Francis eventually obtained that long-sought meeting, embracing Kirill in a VIP room of the Havana, Cuba, airport on Feb. 12, 2016, in the first meeting between a pope with the Russian patriarch since the 1054 Schism.
The two men signed a joint statement that was hailed by the Holy See at the time as a breakthrough in ecumenical relations. But it enraged Ukraine’s Greek Catholics because, among other things, it referred to them as an “ecclesial community” as if they were a separate church not in communion with Rome, and didn’t mention Russia’s role in the separatist conflict in eastern Ukraine.
Fast forward to 2022, and Francis again upset the local Ukrainian church: The Vatican had proposed that a Ukrainian and Russian woman carry the cross together during the Vatican’s torchlit Good Friday procession at the Colosseum.
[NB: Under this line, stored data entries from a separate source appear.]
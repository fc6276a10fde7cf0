// The marks for C callers: what crate block_marks answers, as numbers in two lent arrays.
// The code and the turns are numbers, as C gives them: what is promised of a number that is neither needs them so.
#![tactic(auto)]

ghost use Rattle.block_choice.specs.Promises.{Answered};
ghost use Rattle.block_turns.specs.Promises.{TurnsAnswered};
ghost use Rattle.block_marks.specs.Answers.{marks_answer};
ghost use Rattle.c_results.specs.Promises.{Returned};
ghost use Rattle.mark_numbers.specs.Results.{MarksNumbers};

use c_results::CountResult;
use mark_numbers::copy_marks;
use marks::MAX_MARKS;

pub fn marks(
    block: &[u8],
    code: u32,
    at: &mut [f32; MAX_MARKS],
    kind: &mut [u8; MAX_MARKS],
) -> CountResult
    ensures { Returned (λ a. MarksNumbers a at.old at.new kind.old kind.new result) (Answered marks_answer block.now code) }
{
    copy_marks(block_marks::marks(block, code), at, kind)
}

pub fn marks_turns(
    block: &[u8],
    code: u32,
    turns: u32,
    at: &mut [f32; MAX_MARKS],
    kind: &mut [u8; MAX_MARKS],
) -> CountResult
    ensures { Returned (λ a. MarksNumbers a at.old at.new kind.old kind.new result) (TurnsAnswered marks_answer block.now code turns) }
{
    copy_marks(block_marks::marks_turns(block, code, turns), at, kind)
}
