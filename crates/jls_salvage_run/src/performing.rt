//! What is asked for, done.

ghost use Rattle.jls_io.specs.Event.{GrewBoth};
ghost use Rattle.jls_cli.specs.SalvageAsking.{asked_of};
ghost use Rattle.jls_salvage_run.specs.Runs.{CameOf};

use crate::inputs::JoinInputs;
use crate::joining::join;
use crate::reporting::print_report;
use crate::writing::{Format, write};
use jls_cli::salvage::Asked;
use jls_cli::{Done, Refusal};
use jls_io::{Desk, Sink};
use std::alloc::Global;

/// Does what is asked for.
pub(crate) fn perform<'a, D: Desk, W: Sink>(
    alloc: Global,
    desk: &mut D,
    report: &mut W,
    asked: Asked<'_, 'a>,
) -> Result<Done, Refusal<'a>>
    ensures { GrewBoth (CameOf (asked_of asked.entry) result) (D.history desk.old) (D.history desk.new)
        (W.history report.old) (W.history report.new) }
{
    match asked {
        Asked::Check { file } => print_report(alloc, desk, report, true, file),
        Asked::Join {
            source,
            out,
            first,
            others,
        } => {
            let inputs = JoinInputs {
                source,
                first,
                others,
            };
            join(alloc, desk, out, inputs)
        }
        Asked::Show { file } => print_report(alloc, desk, report, false, file),
        Asked::WritePnm { out, file } => write(alloc, desk, Format::Pnm, out, file),
        Asked::WriteJls {
            line,
            ri,
            out,
            file,
        } => write(alloc, desk, Format::Jls { line, ri }, out, file),
    }
}
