//! The inputs of a command, opened and read in turn.

ghost use Rattle.std.specs.Prelude.{◌≡◌, ◌++◌, ◌∷◌, [], List, OnOk, OnErr, IfOk, IfErr, None};
ghost use Rattle.jls_io.specs.Event.{GrewBy, opened, not_opened};
ghost use Rattle.jls_station.specs.Given.{Given};
ghost use Rattle.jls_cli.specs.Outcomes.{refusal_at};
ghost use Rattle.jls_salvage_run.specs.AllInputs.{names_of, partials, IsHeld, IsTaken, JoinsInput, JoinsText, JoinsWith, CantJoin};
ghost use Rattle.jls_salvage_run.specs.AllInputs.{CantJoinText, TakesUnion, StopsAt, StopsAtInput};

use jls_cli::{Cause, Refusal};
use jls_io::Desk;
use jls_partial::{MergeTextFault, Partial};
use jls_station::{InputForm, InputRead, Station, input_fault, read_form, read_input};
use jls_values::MergeFault;
use std::alloc::Global;

/// The inputs of `join`: copies and texts by their names, of which there is a first. The readings of the copies are taken under the number
/// of a source, if there is one; a text keeps the sources that it has.
#[derive(Clone, Copy)]
pub struct JoinInputs<'m, 'a> {
    pub source: Option<u32>,
    pub first: &'a str,
    pub others: &'m [&'a str],
}

/// Inputs of one shape that were taken into one station.
#[derive(Drop)]
pub(crate) struct Taken {
    pub station: Station,
    /// Whether each input was read whole.
    pub whole: bool,
}

/// Opens the input of this name.
fn open<'a, D: Desk>(desk: &mut D, name: &'a str) -> Result<(), Refusal<'a>>
    ensures opened { OnOk result (D.history desk.new ≡ D.history desk.old ++ opened name.now ∷ []) }
    ensures not_opened { OnErr result (D.history desk.new ≡ D.history desk.old ++ not_opened name.now ∷ []) }
    ensures refusal { IfErr result (λ refusal. refusal ≡ refusal_at name.entry Cause.NotOpened) }
{
    desk.open_input(name).map_err(|_| Refusal {
        name,
        cause: Cause::NotOpened,
    })
}

/// Opens one input and reads it. A copy has no source.
pub(crate) fn open_and_read<'a, D: Desk>(
    alloc: Global,
    desk: &mut D,
    name: &'a str,
) -> Result<InputRead, Refusal<'a>>
    ensures taken { IfOk result (λ given. GrewBy (IsTaken None name.now given) (D.history desk.old) (D.history desk.new)) }
    ensures stopped { IfErr result (λ refusal. GrewBy (StopsAt None [] refusal) (D.history desk.old) (D.history desk.new)) }
    ensures named { IfErr result (λ refusal. refusal.name.now ≡ name.now) }
{
    open(desk, name)?;
    read_input(alloc, None, desk).map_err(|fault| Refusal {
        name,
        cause: Cause::Input(fault),
    })
}

/// Joins what the text of an input says to what is held: to nothing at first.
fn join_text<'a>(
    alloc: Global,
    held: Option<Station>,
    text: &[u8],
    name: &'a str,
) -> Result<Station, Refusal<'a>>
    ensures joined { IfOk result (λ station. JoinsText held text.now station) }
    ensures refused { IfErr result (λ refusal. CantJoinText held text.now refusal) }
    ensures named { IfErr result (λ refusal. refusal.name.now ≡ name.now) }
{
    match held {
        None => {
            let partial = Partial::from_bytes(alloc, text).map_err(|fault| Refusal {
                name,
                cause: Cause::Input(input_fault(fault)),
            })?;
            Ok(Station::holding(alloc, partial))
        }
        Some(mut station) => match station.take_text(text) {
            Ok(()) => Ok(station),
            Err(MergeTextFault::Text(fault)) => Err(Refusal {
                name,
                cause: Cause::Input(input_fault(fault)),
            }),
            Err(MergeTextFault::ShapeDiffers) => Err(Refusal {
                name,
                cause: Cause::ShapeDiffers,
            }),
        },
    }
}

/// Joins what a copy gives to what is held: to nothing at first.
fn join_copy<'a>(
    alloc: Global,
    held: Option<Station>,
    read: InputRead,
    name: &'a str,
) -> Result<Station, Refusal<'a>>
    ensures joined { IfOk result (λ station. JoinsWith held read.partial station) }
    ensures refused { IfErr result (λ refusal. CantJoin held read.partial refusal) }
    ensures named { IfErr result (λ refusal. refusal.name.now ≡ name.now) }
{
    match held {
        None => Ok(Station::holding(alloc, read.into_partial())),
        Some(mut station) => match station.take(read.partial()) {
            Ok(()) => Ok(station),
            Err(MergeFault::ShapeDiffers) => Err(Refusal {
                name,
                cause: Cause::ShapeDiffers,
            }),
            Err(MergeFault::OutOfMemory) => Err(Refusal {
                name,
                cause: Cause::OutOfMemory,
            }),
        },
    }
}

/// What the inputs of one command share: the number of a source, if there is one, and the room that their texts are read into.
#[derive(Drop)]
struct Room {
    alloc: Global,
    source: Option<u32>,
    text: Vec<u8>,
}

/// Opens one input, reads it, and joins what it gives to what is held: to nothing at first.
fn take_input<'a, D: Desk>(
    desk: &mut D,
    room: &mut Room,
    held: Option<Station>,
    name: &'a str,
) -> Result<Taken, Refusal<'a>>
    ensures joined { IfOk result (λ taken. GrewBy (JoinsInput room.old.source name.now held taken.station taken.whole)
        (D.history desk.old) (D.history desk.new)) }
    // Whatever the inputs before it gave, of which the union is held.
    ensures stopped { (before : List Given) → IsHeld (partials before) held → IfErr result (λ refusal.
        GrewBy (StopsAt room.old.source before refusal) (D.history desk.old) (D.history desk.new)) }
    ensures named { IfErr result (λ refusal. refusal.name.now ≡ name.now) }
    ensures source { room.new.source ≡ room.old.source }
{
    open(desk, name)?;
    let form = read_form(room.alloc, room.source, desk, &mut room.text).map_err(|fault| Refusal {
        name,
        cause: Cause::Input(fault),
    })?;
    match form {
        InputForm::Text => {
            let station = join_text(room.alloc, held, &room.text, name)?;
            Ok(Taken {
                station,
                whole: true,
            })
        }
        InputForm::Copy(read) => {
            let whole = read.is_whole();
            let station = join_copy(room.alloc, held, read, name)?;
            Ok(Taken { station, whole })
        }
    }
}

/// Takes the inputs of these names, in turn, into a station. It stops at the first that is refused. A copy that can't be read to its
/// end is taken as far as it was read, if a frame was. All texts are read into one room, which comes back.
pub(crate) fn take_inputs<'a, D: Desk>(
    alloc: Global,
    desk: &mut D,
    inputs: JoinInputs<'_, 'a>,
) -> Result<(Taken, Vec<u8>), Refusal<'a>>
    ensures taken { IfOk result (λ taken.
        GrewBy (TakesUnion inputs.entry.source (names_of inputs.entry) taken.0.station taken.0.whole) (D.history desk.old)
        (D.history desk.new)) }
    ensures stopped { IfErr result (λ refusal.
        GrewBy (StopsAtInput inputs.entry.source (names_of inputs.entry) refusal) (D.history desk.old) (D.history desk.new)) }
{
    let JoinInputs {
        source,
        first,
        others,
    } = inputs;
    let text = Vec::new(alloc);
    let mut room = Room {
        alloc,
        source,
        text,
    };
    let begun = take_input(desk, &mut room, None, first)?;
    let Taken {
        mut station,
        mut whole,
    } = begun;
    for name in others {
        let taken = take_input(desk, &mut room, Some(station), name)?;
        station = taken.station;
        whole &= taken.whole;
    }
    Ok((Taken { station, whole }, room.text))
}
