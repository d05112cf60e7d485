//! The commands `check` and `show`.

ghost use Rattle.std.specs.Prelude.{◌≡◌, ◌++◌, [], IfOk, OnOk, if◌then◌else◌};
ghost use Rattle.jls_io.specs.Event.{GrewBoth};
ghost use Rattle.jls_salvage_run.specs.Reporting.{lines, report_lines, PrintsReport};
ghost use Rattle.jls_salvage_run.specs.Tracing.{trace_lines};

use crate::inputs::open_and_read;
use crate::tracing::put_trace;
use jls_cli::{Cause, Done, Refusal};
use jls_io::{Desk, Sink, write_all};
use jls_partial::Partial;
use jls_report::Report;
use jls_station::InputRead;
use std::alloc::{AllocError, Global};

/// The lines of the report of a partial picture.
fn report_of(alloc: Global, partial: &Partial) -> Result<Vec<u8>, AllocError>
    ensures { IfOk result (λ text. text.items ≡ report_lines partial.now) }
{
    let report = Report::of(alloc, partial)?;
    report.to_text(alloc)
}

/// Appends the trace of an input, if it is a copy.
fn put_input_trace(out: &mut Vec<u8>, input: &InputRead) -> Result<(), AllocError>
    ensures { OnOk result (out.new.items ≡ out.old.items ++ trace_lines input.now) }
{
    match input.copy() {
        Some(report) => put_trace(out, report),
        None => Ok(()),
    }
}

/// The trace of an input, if it is asked for.
fn trace_of(alloc: Global, input: &InputRead, traced: bool) -> Result<Vec<u8>, AllocError>
    ensures { IfOk result (λ text. text.items ≡ (if traced then trace_lines input.now else [])) }
{
    let mut out = Vec::new(alloc);
    if !traced {
        return Ok(out);
    }
    put_input_trace(&mut out, input)?;
    Ok(out)
}

/// The lines that are printed of an input.
fn lines_of(alloc: Global, input: &InputRead, traced: bool) -> Result<Vec<u8>, AllocError>
    ensures { IfOk result (λ text. text.items ≡ lines traced input.now) }
{
    let mut out = trace_of(alloc, input, traced)?;
    let text = report_of(alloc, input.partial())?;
    out.extend_from_slice(&text)?;
    Ok(out)
}

/// The commands `check` and `show`: reads one input and prints its report to the report output. `check` prints the trace of a copy before
/// it, and so it is `traced`.
pub fn print_report<'a, D: Desk, W: Sink>(
    alloc: Global,
    desk: &mut D,
    report: &mut W,
    traced: bool,
    file: &'a str,
) -> Result<Done, Refusal<'a>>
    ensures { GrewBoth (PrintsReport (lines traced) file.now result) (D.history desk.old) (D.history desk.new)
        (W.history report.old) (W.history report.new) }
{
    let input = open_and_read(alloc, desk, file)?;
    let text = lines_of(alloc, &input, traced).map_err(|_| Refusal {
        name: file,
        cause: Cause::OutOfMemory,
    })?;
    match write_all(report, &text) {
        Ok(()) => Ok(Done {
            settled: input.partial().is_settled(),
            whole: input.is_whole(),
        }),
        Err(count) => Err(Refusal {
            name: "-",
            cause: Cause::NotWritten(count),
        }),
    }
}
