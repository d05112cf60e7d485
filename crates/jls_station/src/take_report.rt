//! What is reported of a copy that was read.

ghost use Rattle.std.specs.Prelude.{◌≡◌};

use crate::input::ReadStop;
use jls_copy::{End, PieceRecord};
use std::marker::Model;

/// What is reported of a copy beside its readings. Clauses see it as what was found and how the reading stopped.
#[derive(Drop)]
pub struct TakeReport {
    pub(crate) pieces: Vec<PieceRecord>,
    pub(crate) piece_count: u64,
    pub(crate) ended: End,
    pub(crate) count: u64,
    pub(crate) stop: ReadStop,
}

impl Model for TakeReport {
    ghost use Rattle.jls_station.specs.Given.{CopyReport};
    ghost use Rattle.std.specs.Coded.{codes};

    ghost Value = { CopyReport };

    ghost coded = { Prim.hlevel codes };

    ghost view = { λ r. record {
      found = record { pieces = r.pieces.items; piece_count = r.piece_count; ended = r.ended; count = r.count };
      stop = r.stop;
    } };
}

impl TakeReport {
    /// The first 4,096 pieces of scan data that didn't read as the lines of their intervals, in the order of the copy.
    pub fn pieces(&self) -> &[PieceRecord]
        ensures { result.now ≡ self.now.found.pieces }
    {
        &self.pieces
    }

    /// How many pieces didn't read as the lines of their intervals, those that are not kept among them.
    pub fn piece_count(&self) -> u64
        ensures { result ≡ self.now.found.piece_count }
    {
        self.piece_count
    }

    /// Where the copy ended.
    pub fn ended(&self) -> End
        ensures { result ≡ self.now.found.ended }
    {
        self.ended
    }

    /// How many bytes of the copy were read, also those after its end.
    pub fn count(&self) -> u64
        ensures { result ≡ self.now.found.count }
    {
        self.count
    }

    /// How the reading of the copy stopped. `Whole` is the source's end, or the copy's, after which no byte is asked for.
    pub fn stop(&self) -> ReadStop
        ensures { result ≡ self.now.stop }
    {
        self.stop
    }
}
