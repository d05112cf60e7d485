//! The command `join`.

ghost use Rattle.jls_io.specs.Event.{GrewBy};
ghost use Rattle.jls_salvage_run.specs.AllInputs.{names_of};
ghost use Rattle.jls_salvage_run.specs.Joining.{Joins};

use crate::inputs::{JoinInputs, Taken, take_inputs};
use jls_cli::{Cause, Done, Refusal, write_output};
use jls_io::Desk;
use std::alloc::Global;

/// The command `join`: takes these inputs, in turn, and then creates the output and writes the text of their union to it. An input is a
/// text or a copy. If the inputs have a source, the readings of each copy are kept under its number. If reading a copy breaks off after
/// its frame, the bytes read so far are used. `Done` then says that not every input was read whole. The texts of the inputs and of
/// the union have one room, in turn.
pub fn join<'a, D: Desk>(
    alloc: Global,
    desk: &mut D,
    out: &'a str,
    inputs: JoinInputs<'_, 'a>,
) -> Result<Done, Refusal<'a>>
    ensures { GrewBy (Joins inputs.entry.source out.now (names_of inputs.entry) result) (D.history desk.old) (D.history desk.new) }
{
    let taken = take_inputs(alloc, desk, inputs)?;
    let (Taken { station, whole }, room) = taken;
    let joined = station.partial();
    let text = joined.to_bytes_in(room).map_err(|_| Refusal {
        name: out,
        cause: Cause::OutOfMemory,
    })?;
    write_output(desk, out, &text)?;
    let settled = joined.is_settled();
    Ok(Done { settled, whole })
}
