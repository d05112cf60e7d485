//! What a copy gives when its reading has stopped.

ghost use Rattle.std.specs.Prelude.{◌≡◌, OnOk, IfOk, IfErr, IfSome};
ghost use Rattle.jls_copy.specs.CopyReads.{CopyReads};
ghost use Rattle.jls_copy.specs.ReadCopy.{ReadCopy};
ghost use Rattle.jls_station.specs.Given.{marked, report_of};
ghost use Rattle.jls_station.specs.InputFaults.{input_fault_of_copy, IsCopyRefused};

use crate::input::{InputFault, ReadStop};
use crate::take_report::TakeReport;
use jls_copy::{CopyFault, CopyReader};
use jls_partial::Partial;
use std::alloc::AllocError;

/// What a copy gave: its readings, under a source if there is one, and what is reported of it beside them.
#[derive(Drop)]
pub(crate) struct CopyGiven {
    pub(crate) partial: Partial,
    pub(crate) report: TakeReport,
}

/// Adds the source to each reading, if there is one.
fn put_source(partial: &mut Partial, source: Option<u32>) -> Result<(), AllocError>
    ensures { OnOk result (partial.new ≡ marked source partial.old) }
{
    match source {
        Some(source) => partial.mark(source),
        None => Ok(()),
    }
}

/// The fault of a copy of which so many bytes were read when its reading stopped so.
fn copy_fault(fault: CopyFault, stop: ReadStop, count: u64) -> InputFault
    ensures { result ≡ input_fault_of_copy fault stop count }
{
    match (fault, stop) {
        (CopyFault::OutOfMemory, _) => InputFault::OutOfMemory,
        (CopyFault::NoPicture(fault, offset), ReadStop::Whole) => InputFault::NoPicture(
            fault, offset,
        ),
        (CopyFault::NoPicture(_, _), stop) => InputFault::Read(stop, count),
    }
}

/// What a reader gives of a copy under this source, where the reading of the copy stopped so.
pub(crate) fn read_of_copy(
    source: Option<u32>,
    reader: CopyReader,
    stop: ReadStop,
) -> Result<CopyGiven, InputFault>
    ensures given { IfOk result (λ given. IfSome reader (λ bytes. (read : ReadCopy) × CopyReads bytes read
        × (given.partial ≡ marked source read.partial) × (given.report ≡ report_of bytes read stop))) }
    ensures refused { IfErr result (λ fault. IfSome reader (λ bytes. IsCopyRefused bytes stop fault)) }
{
    let count = reader.fed();
    let read = reader
        .finish()
        .map_err(|fault| copy_fault(fault, stop, count))?;
    let piece_count = read.piece_count();
    let ended = read.ended();
    let (mut partial, pieces) = read.into_parts();
    let report = TakeReport {
        pieces,
        piece_count,
        ended,
        count,
        stop,
    };
    put_source(&mut partial, source)?;
    Ok(CopyGiven { partial, report })
}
The gesture, which preceded Francis’ unheeded Easter appeal for a truce, was an attempt to show the possibility of future Russian-Ukrainian reconciliation.
But the Ukrainian ambassador objected, and the head of Ukraine’s Greek Orthodox faithful, Archbishop Sviatoslav Shevchuk, decried the proposal as “inopportune and ambiguous,” since it didn’t take into consideration the fact that Russia had invaded Ukraine.
In the end, the Vatican compromised: The women carried the cross but instead of reading aloud a meditation that had called for reconciliation, stood together in silent prayer.
Leahy, the former Canadian ambassador, said the outcome was a classic example of papal pastoral care bridging Vatican diplomacy: Francis listened to Shevchuk’s complaint and modified the ritual, while keeping his broader agenda of dialogue with Russia alive.
Recalling the word “pontiff” derives from the Italian word for “bridge,” she said: “It’s the job of a diplomat, and certainly of a supreme pontiff who has the word ‘bridge’ written in his name, to keep the channels open.”
The Rev. Roberto Regoli, a professor of church history and an expert in papal diplomacy at the Pontifical Gregorian University, said those diplomatic channels with the Orthodox are important now, but also in the future when eventually Ukraine will have to be rebuilt.
“The reconstruction of a country … requires the involvement of all forces, even religious ones,” he said. “So keeping these channels open is useful for the present but even more for the future, because it will take decades to rebuild.”